CHRONIQUE – La crise engendrée par la Covid-19 n’a pas induit de détérioration substantielle pour la stabilité financière des 16 plus grands assureurs mondiaux notés par S&P.
Bien que le profit total de ce groupe d’assureurs ait été affecté à hauteur de 8 milliards de dollars en 2020, leur solvabilité reste largement satisfaisante. Comme attendu, aucun de ces 16 assureurs n’a été amené à réduire significativement son exposition aux risques ou à devoir chercher de nouveaux apports en capital. Certains d’entre eux, tels que Manulife, Aviva, ou Prudential PLC ont même affiché des profits en hausse par rapport à 2019. Au vu de la solidité des bilans et de la rentabilité récurrente affichée avant la pandémie, l’impact de cette dernière devrait rester sous contrôle en 2021.
Cette résistance explique le peu d’actions prises sur les notations attribuées par S&P et sur leurs perspectives. Au cours de l’année 2020, seule une révision de perspective, de positive à stable, pour Tokio Marine est à relier directement avec la crise Covid-19. La dégradation des notes d’Aegon de AA- à A+ et le placement de celles d’AIG sous surveillance négative sont quant à eux liés à des circonstances exogènes. Plus récemment, la pandémie n’a par ailleurs pas empêché le relèvement de la note du groupe Zurich de AA- à AA grâce à la qualité de son bilan et à sa performance opérationnelle.
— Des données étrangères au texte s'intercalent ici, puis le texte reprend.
// What the desk says of itself: the line of `help`, and the lines for what is no request. The room is a clause, since the bytes are lent as a
// slice.
ghost use Rattle.std.specs.Prelude.{◌≤◌, length};
ghost use Rattle.text.specs.Puts.{Puts};
ghost use Rattle.requests.specs.Texts.{help_line, described, fault_line};

use crate::{Argument, Fault};
use answers::put_text;

// Every word with its arguments.
pub fn put_help(out: &mut [u8]) -> usize
    requires { 400 ≤ length out.old }
    ensures { Puts help_line out.old result out.new }
{
    put_text(
        b"digit DIGITS, ean13 NUMBER, ean8 NUMBER, upce NUMBER, itf14 NUMBER, gs1 MESSAGE, read-ean13 WIDTHS, read-ean8 WIDTHS, read-upce WIDTHS, read-itf14 WIDTHS, read-gs1 WIDTHS, read WIDTHS, test MESSAGE, split MESSAGE, ask ID MESSAGE, add ID DATA MESSAGE, room N CALL, help\n",
        out,
    )
}

pub fn put_fault(fault: Fault, out: &mut [u8]) -> usize
    requires { 500 ≤ length out.old }
    ensures { Puts (fault_line fault) out.old result out.new }
{
    match fault {
        Fault::Empty => put_text(b"error: no such call\n", out),
        Fault::NoSuchCall => {
            let at = put_text(b"error: no such call; there are ", out);
            at + put_help(&mut out[at..])
        }
        Fault::Missing(argument) => {
            let at = put_text(b"error: missing ", out);
            at + put_described(argument, &mut out[at..])
        }
        Fault::Malformed(argument) => {
            let at = put_text(b"error: wrong ", out);
            at + put_described(argument, &mut out[at..])
        }
    }
}

// An argument's name, what it must be, and byte 10.
fn put_described(argument: Argument, out: &mut [u8]) -> usize
    requires { 100 ≤ length out.old }
    ensures { Puts (described argument) out.old result out.new }
{
    match argument {
        Argument::Places => put_text(b"N: a number from 0 to 700\n", out),
        Argument::Call => put_text(b"CALL: one of those that help names, after a space\n", out),
        Argument::Digits => put_text(b"DIGITS: 1 to 17 digits, after a space\n", out),
        Argument::Number => put_text(b"NUMBER: digits with the check digit, after a space\n", out),
        Argument::Message => put_text(
            b"MESSAGE: element strings, ^ for a separator, after a space\n",
            out,
        ),
        Argument::Widths => put_text(
            b"WIDTHS: digits, or numbers from 0 to 255 with one space between two\n",
            out,
        ),
        Argument::Identifier => put_text(b"ID: a decimal number, after a space\n", out),
        Argument::Data => put_text(b"DATA: the data of an element string, after a space\n", out),
    }
}
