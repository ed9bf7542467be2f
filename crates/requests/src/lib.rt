// A line of the desk as a request: which call it asks for, how many places that is lent, and where its arguments begin; or what is wrong with it.
#![tactic(auto)]

ghost use Rattle.std.specs.Prelude.{◌≡◌, ◌≤◌, length, unwrap_or};
ghost use Rattle.requests.specs.Requests.{request_of, in_room, call_at, leading_of, capped, Within, LeadsWithin};

use symbols::Kind;

pub mod faults;
mod words;

#[derive(Clone, Copy)]
pub enum Word {
    Digit,
    Draw(Kind),
    // as a symbol of a named kind, or of the one that the list has
    Read(Option<Kind>),
    Test,
    Split,
    Ask,
    Add,
}

// The arguments, by what stands for them in `help`.
#[derive(Clone, Copy)]
pub enum Argument {
    Places,
    Call,
    Digits,
    Number,
    Message,
    Widths,
    Identifier,
    Data,
}

#[derive(Clone, Copy)]
pub enum Fault {
    Empty,
    NoSuchCall,
    Missing(Argument),
    Malformed(Argument),
}

// A call with the count of places that it is lent, and where its arguments begin in the line.
#[derive(Clone, Copy)]
pub enum Request {
    Call(Word, usize, usize),
    Help,
}

// No identifier has five digits, so this one stands for every number from it on.
pub const UNLISTED: usize = 10000;

// What a line asks for: a call, before which `room N ` may stand, or `help`.
pub fn request_of(line: &[u8]) -> Result<Request, Fault>
    ensures value { result ≡ request_of line.now }
    ensures within { Within result (length line.now) }
{
    if line.len() == 0 {
        return Err(Fault::Empty);
    }
    let end = lines::word_end(line, 0);
    if !patterns::equal(&line[0..end], b"room") {
        return call_at(line, 0, None);
    }
    if end == line.len() {
        return Err(Fault::Missing(Argument::Places));
    }
    in_room(line, end + 1)
}

// What follows `room `: a number of places, and then a call.
fn in_room(line: &[u8], from: usize) -> Result<Request, Fault>
    requires { from ≤ length line.now }
    ensures value { result ≡ in_room line.now from }
    ensures within { Within result (length line.now) }
{
    let end = lines::word_end(line, from);
    let Some(places) = text::number_in(&line[from..end], 700) else {
        return Err(Fault::Malformed(Argument::Places));
    };
    if end == line.len() {
        return Err(Fault::Missing(Argument::Call));
    }
    call_at(line, end + 1, Some(places))
}

// The call that begins at a place, and is lent as many places as `room N ` says, or else the usual ones.
fn call_at(line: &[u8], from: usize, room: Option<usize>) -> Result<Request, Fault>
    requires from_in_bounds { from ≤ length line.now }
    requires room_bound { unwrap_or room 700 ≤ 700 }
    ensures value { result ≡ call_at line.now from room }
    ensures within { Within result (length line.now) }
{
    let end = lines::word_end(line, from);
    let word = &line[from..end];
    if patterns::equal(word, b"help") {
        return Ok(Request::Help);
    }
    let Some(named) = words::find(word) else {
        return Err(Fault::NoSuchCall);
    };
    if end == line.len() {
        return Err(Fault::Missing(named.first));
    }
    Ok(Request::Call(named.call, room.unwrap_or(named.usual), end + 1))
}

// The identifier before the first space, where another argument must follow; and where that begins.
pub fn identifier_in(typed: &[u8], next: Argument) -> Result<(usize, usize), Fault>
    ensures value { result ≡ capped (leading_of typed.now next) }
    ensures leads_within { LeadsWithin result (length typed.now) }
{
    let end = lines::word_end(typed, 0);
    let Some(identifier) = text::capped_in(&typed[0..end], UNLISTED) else {
        return Err(Fault::Malformed(Argument::Identifier));
    };
    if end == typed.len() {
        return Err(Fault::Missing(next));
    }
    Ok((identifier, end + 1))
}
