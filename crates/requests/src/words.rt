// The words that a call begins with, one row each.
ghost use Rattle.std.specs.Prelude.{◌≡◌, map};
ghost use Rattle.requests.specs.Words.{calls, named_in, row_of, named_by};

use crate::{Argument, Word};
use patterns::equal;
use symbols::Kind;

// What a word names: the argument that must follow it, how many places the call is usually lent, and the call.
#[derive(Clone, Copy)]
pub struct Named {
    pub first: Argument,
    pub usual: usize,
    pub call: Word,
}

// Each word, with what it names in the same order.
const CALLS: [(&[u8], Argument, usize, Word); 16] = [
    (b"digit", Argument::Digits, 64, Word::Digit),
    (b"ean13", Argument::Number, 700, Word::Draw(Kind::Ean13)),
    (b"ean8", Argument::Number, 700, Word::Draw(Kind::Ean8)),
    (b"upce", Argument::Number, 700, Word::Draw(Kind::UpcE)),
    (b"itf14", Argument::Number, 700, Word::Draw(Kind::Itf14)),
    (b"gs1", Argument::Message, 700, Word::Draw(Kind::Gs1128)),
    (
        b"read-ean13",
        Argument::Widths,
        64,
        Word::Read(Some(Kind::Ean13)),
    ),
    (
        b"read-ean8",
        Argument::Widths,
        64,
        Word::Read(Some(Kind::Ean8)),
    ),
    (
        b"read-upce",
        Argument::Widths,
        64,
        Word::Read(Some(Kind::UpcE)),
    ),
    (
        b"read-itf14",
        Argument::Widths,
        64,
        Word::Read(Some(Kind::Itf14)),
    ),
    (
        b"read-gs1",
        Argument::Widths,
        64,
        Word::Read(Some(Kind::Gs1128)),
    ),
    (b"read", Argument::Widths, 64, Word::Read(None)),
    (b"test", Argument::Message, 64, Word::Test),
    (b"split", Argument::Message, 12, Word::Split),
    (b"ask", Argument::Identifier, 64, Word::Ask),
    (b"add", Argument::Identifier, 64, Word::Add),
];

pub fn find(word: &[u8]) -> Option<Named>
    ensures { result ≡ named_in calls word.now }
{
    named_by(&CALLS, word)
}

// What the first row of a table that has the word says of it.
fn named_by(rows: &[(&[u8], Argument, usize, Word)], word: &[u8]) -> Option<Named>
    ensures { result ≡ named_by (map row_of rows.now) word.now }
{
    for (name, first, usual, call) in rows {
        if equal(word, name) {
            return Some(Named {
                first: *first,
                usual: *usual,
                call: *call,
            });
        }
    }
    None
}
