// The values of the lines of a provisioning text: a number or a syntax word, each ended by LF (document 01, "Provisioning text").
#![tactic(auto)]

ghost use Rattle.std.specs.Prelude.{◌≡◌, ◌≤◌, Some, IfSome};
ghost use Rattle.value.specs.Value.{digit_of, number_by, number_of, valued, word_of};
ghost use Rattle.record.specs.Record.{place};

use octets::text::LF;
use record::syntax::Syntax;

// What stands behind a key: a number; or the place of a syntax word in document 01's list. `size` counts the octets with the LF.
// Both are 0 for any other word.
#[derive(Clone, Copy)]
pub struct Value {
    pub value: u16,
    pub size: usize,
}

// The value of a digit.
#[tactic(auto, unfolding(crate::specs::Value::digit_of))]
fn digit_of(octet: u8) -> Option<u16>
    ensures says { result ≡ digit_of octet }
    ensures digit { IfSome result (λ d. d ≤ 9) }
{
    match octet {
        b'0'..=b'9' => Some(u16::from(octet - b'0')),
        _ => None,
    }
}

// The number that four octets start with: one to three digits, no leading zero, then LF.
#[tactic(auto, unfolding(crate::specs::Value::number_by, crate::specs::Value::second_digit, crate::specs::Value::third_digit))]
fn number_by(first: u8, second: u8, third: u8, fourth: u8) -> Option<Value>
    ensures { result ≡ number_by first second third fourth }
{
    let a = digit_of(first)?;
    if second == LF {
        return Some(Value { value: a, size: 2 });
    }
    if a == 0 {
        return None;
    }
    let b = digit_of(second)?;
    let ab = a * 10 + b;
    if third == LF {
        return Some(Value { value: ab, size: 3 });
    }
    let c = digit_of(third)?;
    if fourth == LF {
        return Some(Value {
            value: ab * 10 + c,
            size: 4,
        });
    }
    None
}

// The number that a text starts with: `None` where it is malformed, or no LF comes.
pub fn number_of(s: &[u8]) -> Option<Value>
    ensures { result ≡ number_of s.now }
{
    number_by(
        octets::octet(s, 0),
        octets::octet(s, 1),
        octets::octet(s, 2),
        octets::octet(s, 3),
    )
}

// The word of a syntax, with its LF.
fn known(syntax: Syntax, size: usize) -> Option<Value>
    ensures { result ≡ Some (valued (place syntax) size) }
{
    Some(Value {
        value: record::syntax::place_of(syntax),
        size,
    })
}

// The syntax word that a text starts with: `None` where no LF comes.
#[tactic(auto, unfolding(crate::specs::Value::word_among))]
pub fn word_of(s: &[u8]) -> Option<Value>
    ensures { result ≡ word_of s.now }
{
    if octets::text::starts(s, b"acelp\n") {
        return known(Syntax::Acelp, 6);
    }
    if octets::text::starts(s, b"pcm\n") {
        return known(Syntax::Pcm, 4);
    }
    if octets::text::starts(s, b"g727\n") {
        return known(Syntax::G727, 5);
    }
    if octets::text::starts(s, b"g728\n") {
        return known(Syntax::G728, 5);
    }
    if octets::text::starts(s, b"g7231\n") {
        return known(Syntax::G7231, 6);
    }
    if octets::text::starts(s, b"data\n") {
        return known(Syntax::Data, 5);
    }
    if octets::text::starts(s, b"fax\n") {
        return known(Syntax::Fax, 4);
    }
    // Any other word.
    if octets::text::has_lf(s) {
        return Some(Value { value: 0, size: 0 });
    }
    None
}
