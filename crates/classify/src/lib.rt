// One call and its operations: a return value, an argument, an argument after the dots, and the mark of a variadic function (docs/REFERENCE.md, 9).
// A call is a value, and each operation hands back the next one. Anyone can hand in any numbers: every operation checks for itself.
#![tactic(auto)]

ghost use Rattle.std.specs.Prelude.{◌≡◌, [], Ok};
ghost use Rattle.shape.specs.Refusals.{number_of, refusal_of};
ghost use Rattle.shape.specs.Words.{pieces_of};
ghost use Rattle.describe.specs.Description.{Ends};
ghost use Rattle.rows.specs.Row.{listed};
ghost use Rattle.stack_place.specs.Stacked.{return_placed, told};
ghost use Rattle.classify.specs.Stacking.{area_of, stacked_of};
ghost use Rattle.classify.specs.Spending as rules;
ghost use Rattle.classify.specs.Answers.{fresh_answer, void_answer, variadic_answer, in_memory_answer, memory_told, Returns, Passes, PassesVariadic};
ghost use Rattle.classify.specs.Answers as answers;
ghost use Rattle.classify.specs.Parts as parts;

use abis::Brief;
use describe::{Dots, Terms, Variadic};
use eightbytes::Class;
use rows::Rules;
use shape::{Arg, Refusal, Scalar, Shape};
use spend::{Decision, Left, Spent, Wanted, Way};
use stack_place::{Area, Place, Stacked};

// One call: the number of its description, what it has left, and the offset at which the next argument on the stack may stand.
#[repr(C)]
#[derive(Clone, Copy, PartialEq, Eq)]
pub struct Call {
    pub abi: u64,
    pub left: Left,
    pub stack: u64,
}

// The number of the way that the value travels, what it passes over and is given, how many slots were written, and where on the stack it stands; or
// the refusal, with every other number 0. Methods, exported entries and the forms over a lent call all have this one.
#[repr(C)]
#[derive(Clone, Copy, PartialEq, Eq)]
pub struct Outcome {
    pub refusal: u64,
    pub way: u64,
    pub spent: Spent,
    pub slots: u64,
    pub stacked: Stacked,
}

impl Outcome {
    // Nothing travels and nothing is spent.
    const NOTHING: Outcome = Outcome {
        refusal: shape::ACCEPTED,
        way: Way::Ignore as u64,
        spent: Spent::NOTHING,
        slots: 0,
        stacked: Stacked::NOWHERE,
    };
}

// The next call beside the outcome. A refusal hands back the call that it was handed.
#[repr(C)]
#[derive(Clone, Copy, PartialEq, Eq)]
pub struct Answer {
    pub next: Call,
    pub outcome: Outcome,
}

// What an operation is asked about: what comes back, an argument, or one after the dots.
#[derive(Clone, Copy, PartialEq, Eq)]
enum Role {
    Return,
    Argument,
    VariadicArgument,
}

impl Role {
    fn is_return(self) -> bool
        ensures { result ≡ parts.is_return self }
    {
        self == Role::Return
    }

    // One of the two lists.
    fn list(self, brief: Brief) -> Rules
        ensures { result ≡ parts.list_for (parts.is_return self) brief }
    {
        match self {
            Role::Return => brief.returns,
            Role::Argument | Role::VariadicArgument => brief.arguments,
        }
    }

    // An argument after the dots does what its description's variadic kind comes to, any other value what a fixed argument does.
    fn dots(self, variadic: Variadic) -> Dots
        ensures { result ≡ parts.dots_for (parts.is_after_dots self) variadic }
    {
        match self {
            Role::VariadicArgument => describe::dots_of(variadic),
            Role::Return | Role::Argument => describe::as_fixed(),
        }
    }
}
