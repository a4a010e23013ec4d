//! What the kind of a request means. It stands as the contract of a function that does nothing.

ghost use Rattle.hmac_keys.specs.Laws.{KindOfFits};

/// `kind_of` answers a kind exactly where the usage and both specs are that kind's, with what stands for
/// those that are absent.
pub fn kind_of_fits()
    ensures { KindOfFits }
{}
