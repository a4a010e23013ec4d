//! Which kind of key a request asks for.

ghost use Rattle.std.specs.Prelude.{◌≡◌, IsTrue, IfOk, IfErr, OnErr, option_copied, option_map};
ghost use Rattle.hmac_keys.specs.Kind.{usage_text, spec_text, text_in};
ghost use Rattle.hmac_keys.specs.Asked.{kind_of, kind_named, answer_of, names_none};

use crate::kinds::{KeyKind, KindField, KindRead};

/// The kind of the key that a CreateKey asks for by its KeyUsage, its CustomerMasterKeySpec and its
/// KeySpec, each absent or a text (AWS KMS API Reference, CreateKey). An absent usage is
/// `ENCRYPT_DECRYPT`. One spec speaks for both, and where both are absent it is `SYMMETRIC_DEFAULT`.
///
/// Unsupported is, the first that applies: KeyUsage, where it is no kind's usage;
/// CustomerMasterKeySpec, and then KeySpec, where it is no kind's spec; KeySpec, where the two specs
/// differ; KeyUsage, where it isn't the usage of the spec's kind. No memory is taken.
pub fn kind_of(usage: Option<&str>, master_spec: Option<&str>, spec: Option<&str>) -> KindRead
    ensures { result
        ≡ kind_of (option_copied usage.entry) (option_copied master_spec.entry) (option_copied spec.entry) }
{
    match read(usage, master_spec, spec) {
        Ok(kind) => KindRead::Kind(kind),
        Err(field) => KindRead::Unsupported(field),
    }
}

/// The kind, or the field that is refused.
fn read(
    usage: Option<&str>,
    master_spec: Option<&str>,
    spec: Option<&str>,
) -> Result<KeyKind, KindField>
    ensures { answer_of result
        ≡ kind_of (option_copied usage.entry) (option_copied master_spec.entry) (option_copied spec.entry) }
{
    let usage = read_field(KindField::KeyUsage, usage)?;
    let master_spec = read_field(KindField::CustomerMasterKeySpec, master_spec)?;
    let spec = read_field(KindField::KeySpec, spec)?;
    agreed(usage, master_spec, spec)
}

/// The kind that a field names, where it is given; the field, where it names none.
fn read_field(field: KindField, text: Option<&str>) -> Result<Option<KeyKind>, KindField>
    ensures named { IfOk result (λ kind. option_copied text.entry ≡ option_map (text_in field) kind) }
    ensures none { IfErr result (λ refused. refused ≡ field) }
    ensures unknown { OnErr result (IsTrue (names_none field (option_copied text.entry))) }
{
    match text {
        Some(text) => match kind_named(field, text) {
            Some(kind) => Ok(Some(kind)),
            None => Err(field),
        },
        None => Ok(None),
    }
}

/// The kind whose text in a field this is.
fn kind_named(field: KindField, text: &str) -> Option<KeyKind>
    ensures { result ≡ kind_named field text.now }
{
    KeyKind::ALL
        .into_iter()
        .find(|kind| text == field.text_of(*kind))
}

/// The kind of a usage and of two specs, where each is absent or a kind's.
fn agreed(
    usage: Option<KeyKind>,
    master_spec: Option<KeyKind>,
    spec: Option<KeyKind>,
) -> Result<KeyKind, KindField>
    ensures { answer_of result
        ≡ kind_of (option_map usage_text usage) (option_map spec_text master_spec) (option_map spec_text spec) }
{
    let usage = usage.unwrap_or(KeyKind::Symmetric);
    let one_spec = spec.or(master_spec).unwrap_or(KeyKind::Symmetric);
    if master_spec.unwrap_or(one_spec) != one_spec {
        Err(KindField::KeySpec)
    } else if usage != one_spec {
        Err(KindField::KeyUsage)
    } else {
        Ok(one_spec)
    }
}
Le secteur de l’assurance-vie fut relativement préservé de la crise. Les personnes âgées, principales victimes de la Covid-19, ne représentent en effet qu’une minorité des expositions en couverture décès. En revanche, et bien que partiellement compensées par une meilleure rentabilité de certaines branches telles que l’assurance automobile, les demandes de remboursements liées aux pertes d’exploitations et aux annulations d’évènements ont atteint un niveau record en 2020, détériorant significativement la rentabilité de ces branches. Les trois acteurs les plus exposés (AXA, Allianz, et Chubb) représentent collectivement plus de la moitié des 8 milliards de dollars de baisse des profits énoncés plus haut. Une grande partie des pertes fut toutefois absorbée par les réassureurs, en moyenne beaucoup plus touchés que les assureurs primaires.
L’impact de la pandémie s’est aussi traduit par la baisse marquée des taux d’intérêt à long terme. Ces taux bas, voire négatifs, ont érodé la valorisation des activités et obligé certains assureurs à augmenter leurs réserves (de manière modérée cependant grâce à une gestion historiquement prudente). Les gains sur investissements ont eux aussi été réduits, même si le rebond des marchés après le premier trimestre 2020 a permis de protéger leur valorisation sur l’ensemble de l’exercice. En réponse, plusieurs grands assureurs mondiaux (majoritairement en Europe) ont limité les versements de dividendes et leurs politiques de rachats d’actions en 2020.
Ces éléments nous poussent à anticiper un impact limité de la pandémie sur les profits des grands assureurs mondiaux en 2021. Celui-ci devrait par ailleurs être atténué grâce à l’avancée de la vaccination et aux clarifications apportées dans la rédaction de certaines polices.